Por encima del hombro se alegraba de mostrarse aquella especie de bienvenida. Era una luz que resplandecía, se mostraba en ráfagas y jamás era permanente. Iba y venía a su aire.
Una sonrisita picaresca daba aún más brillo al cuadro. En él, sonaba el desperezar de la raza humana. Había una especie de sentimiento por encontrar la más escondida de las gracias.
Se escuchaba como las sábanas se despegaban de la piel sudorosa. Había dejado marcas, y no solo en forma de sueños. Lo había disfrutado y lo había descansado, pero nunca lo había vivido.
Estaba sedienta y necesitaba hacerse con la presa que más le gustaba. Tenía hambre y buscaba desesperada como acabar con aquel agujero. No había forma de saciar aquel cuerpo rebelde.

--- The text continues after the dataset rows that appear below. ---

//! Which scenarios make checkpoints.

ghost use Rattle.std.specs.Prelude.{◌≡◌, map};
ghost use Rattle.rx_scenario.specs.Scenario.{action_of, step_of, steps_of};
ghost use Rattle.rx_scenario.specs.Checkpoints.{is_checkpoint_command, has_checkpoint};

use crate::scenario::{Action, Command, Step};

fn is_checkpoint_command(action: &Action) -> bool
    ensures { result ≡ is_checkpoint_command (action_of action.now) }
{
    matches!(action, Action::Command(Command::Checkpoint))
}

/// Whether one of these steps, or one that follows one of them at whatever depth, makes a checkpoint. It
/// does not matter whether that step would ever be executed. It takes no memory.
pub fn has_checkpoint(steps: &[Step]) -> bool
    ensures { result ≡ has_checkpoint (steps_of (map step_of steps.now)) }
{
    for step in steps {
        if is_checkpoint_command(&step.action) || has_checkpoint(&step.then) {
            return true;
        }
    }
    false
}
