//! What a scenario says.

ghost use Rattle.std.specs.Prelude.{◌≡◌, ◌≤◌, ◌<◌, map, IfSome, IfNone};
ghost use Rattle.rx_scenario.specs.declared.scenario.Step.{out-Step};
ghost use Rattle.rx_scenario.specs.Scenario.{step_of, steps_of};

use rx_event::{Mode, Terminal};
use std::marker::Model;

/// A scenario: steps that wait for their times, how many events the book may have, and when time
/// ends. Each step is in turn followed by others.
#[derive(Drop)]
pub struct Scenario {
    pub steps: Vec<Step>,
    pub events: u64,
    pub until: u64,
}

/// A step of a scenario.
pub struct Step {
    /// By what it can be cancelled; no other step has this label.
    pub label: Option<String>,
    /// How long after the step that it follows it is due, or after the beginning. One without a delay
    /// does not wait: it comes in the turn of the step that it follows.
    pub delay: Option<Ticks>,
    /// What it does.
    pub action: Action,
    /// The steps that follow it where it is accepted.
    pub then: Vec<Step>,
}

// Written out, so that where a step is let go there is one call to prove, and not the drop of each field in turn.
impl Drop for Step {
    fn drop(self) {
        let Step {
            label: _label,
            delay: _,
            action: _action,
            then: _then,
        } = self;
    }
}

impl Step {
    /// The step with these to follow it, in place of those that followed it.
    pub fn followed_by(self, then: Vec<Step>) -> Step
        ensures { step_of result ≡ record (step_of self) { followers = steps_of (map step_of then.items) } }
    {
        let Step {
            label,
            delay,
            action,
            then: _before,
        } = self;
        Step {
            label,
            delay,
            action,
            then,
        }
    }

    /// What it does, and the steps that follow it.
    pub fn into_parts(self) -> (Action, Vec<Step>)
        ensures { result ≡ ((out-Step self).action, (out-Step self).then) }
    {
        let Step {
            label: _label,
            delay: _,
            action,
            then,
        } = self;
        (action, then)
    }
}

/// A time of a scenario, in ticks of virtual time: 0 to 1,000,000,000,000.
#[derive(Clone, Copy)]
pub struct Ticks {
    count: u64,
}

impl Model for Ticks {
    ghost use Rattle.std.specs.Prelude.{ℕ, ◌≤◌};

    ghost Value = { ℕ };

    ghost view = { λ t. t.count };

    ghost invariant = { λ t. t.count ≤ 1000000000000 };

    ghost inverse = { λ n. record { count = n } };
}

impl Ticks {
    /// So many ticks, or None where they are too many.
    pub fn new(count: u64) -> Option<Self>
        ensures some { IfSome result (λ t. t ≡ count) }
        ensures few { IfSome result (λ t. count ≤ 1000000000000) }
        ensures none { IfNone result (1000000000000 < count) }
    {
        if count <= 1_000_000_000_000 {
            Some(Ticks { count })
        } else {
            None
        }
    }

    /// How many.
    pub fn count(self) -> u64
        ensures value { result ≡ self }
        ensures few { result ≤ 1000000000000 }
    {
        self.count
    }
}

/// What a step does.
#[derive(Drop)]
pub enum Action {
    /// It does something with the book.
    Command(Command),
    /// It takes the waiting step that has this label off the timeline.
    Cancel(String),
}

/// What is done with a book. Nodes, hubs, resources and leases go by the names that earlier steps gave
/// them.
#[derive(Drop)]
pub enum Command {
    /// Opens a mirroring node with the first resource of the stock.
    Using {
        name: String,
        place: Site,
        res: String,
    },
    /// Opens a node.
    Open {
        name: String,
        place: Site,
        kind: Sort,
    },
    /// Has a node hold the first resource of the stock.
    Hold {
        node: String,
        res: String,
    },
    /// A held resource is used on a word.
    Apply {
        res: String,
        word: u64,
    },
    /// A held resource is taken off its node.
    Remove {
        res: String,
    },
    /// A lease of an owned resource is given out, and gets the name.
    Lease {
        res: String,
        name: String,
    },
    /// A lease is given back.
    Return {
        lease: String,
    },
    /// A leaf emits an item.
    Next {
        node: String,
        value: i64,
    },
    /// A leaf ends.
    End {
        node: String,
        terminal: Terminal,
    },
    /// A node that is neither a leaf nor a subscriber ends with an error.
    Abort {
        node: String,
        code: u32,
    },
    /// An item that a FlatMap or a Switch owes an inner observable gets none.
    Decline {
        node: String,
    },
    /// A FlatMap or a Switch that owes an inner observable ends with an error.
    Fail {
        node: String,
        code: u32,
    },
    /// A root is unsubscribed.
    Dispose {
        node: String,
    },
    /// A hub is published; it is connected by RefCount, or by hand.
    Hub {
        name: String,
        mode: Mode,
    },
    /// A hub is connected by hand; its connection gets the name, where there is one.
    Connect {
        hub: String,
        name: Option<String>,
    },
    /// A hub's connection is closed by hand.
    Disconnect {
        hub: String,
    },
    /// All that waits is taken and released.
    Drain,
    /// The book makes a checkpoint: what its history leaves takes the history's place.
    Checkpoint,
}

/// Where a node is to be opened, by the name of the node above.
#[derive(Drop)]
pub enum Site {
    Root,
    Source(String),
    /// An inner observable of a FlatMap or a Switch.
    Inner(String),
    /// The notifier of a TakeUntil.
    Notifier(String),
}

/// What a node does that is to be opened.
#[derive(Drop)]
pub enum Sort {
    /// A source that the scenario drives.
    Leaf,
    /// It mirrors its source.
    Pass,
    /// FlatMap.
    Flat,
    Switch,
    /// TakeUntil.
    Until,
    /// A subscriber of the hub of this name. Where it is the one for which the hub is connected, the
    /// connection gets the other name, if there is one.
    Sub {
        hub: String,
        connection: Option<String>,
    },
}
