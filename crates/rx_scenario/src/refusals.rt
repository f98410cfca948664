//! The word for each refusal.

ghost use Rattle.std.specs.Prelude.{◌≡◌, ◌≤◌, length};
ghost use Rattle.rx_scenario.specs.RefusalWords.{refusal_word};

use rx_event::Refusal;

/// The word that stands for it in reports, traces and answers.
pub fn refusal_word(why: Refusal) -> &'static str
    ensures word { result.now ≡ refusal_word why }
    ensures short { length result.now ≤ 12 }
{
    match why {
        Refusal::NoMemory => "NoMemory",
        Refusal::Full => "Full",
        Refusal::Gone => "Gone",
        Refusal::WrongKind => "WrongKind",
        Refusal::PlaceTaken => "PlaceTaken",
        Refusal::NothingOwed => "NothingOwed",
        Refusal::NotRoot => "NotRoot",
        Refusal::NoHub => "NoHub",
        Refusal::HubOrder => "HubOrder",
        Refusal::Connected => "Connected",
        Refusal::NotConnected => "NotConnected",
        Refusal::NotFresh => "NotFresh",
        Refusal::NotHeld => "NotHeld",
        Refusal::HasChild => "HasChild",
        Refusal::TooMany => "TooMany",
        Refusal::NoLease => "NoLease",
        Refusal::Leased => "Leased",
        Refusal::MailLeft => "MailLeft",
    }
}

Caminaba despistada por todos aquellos rincones inhóspitos. Entre vigas de madera, y telarañas. Entre segundas piedras y ríos de plástico. Entre la razón de ser, y la de querer(te).
Se abrazaba a la esperanza de seguir en el mundo de los vivos. En un mundo en el que el poder de sentir se queda entre tus brazos y los míos. Entre un tú y yo, que siempre fue imaginario.
Y se despedía. Se iba sin haber logrado nada un día sí y otro también. Pero allí volvía a salir al día siguiente. Era esa chispa que nos hace ser especiales. Era lo que te hace grande. Eras tu mismo.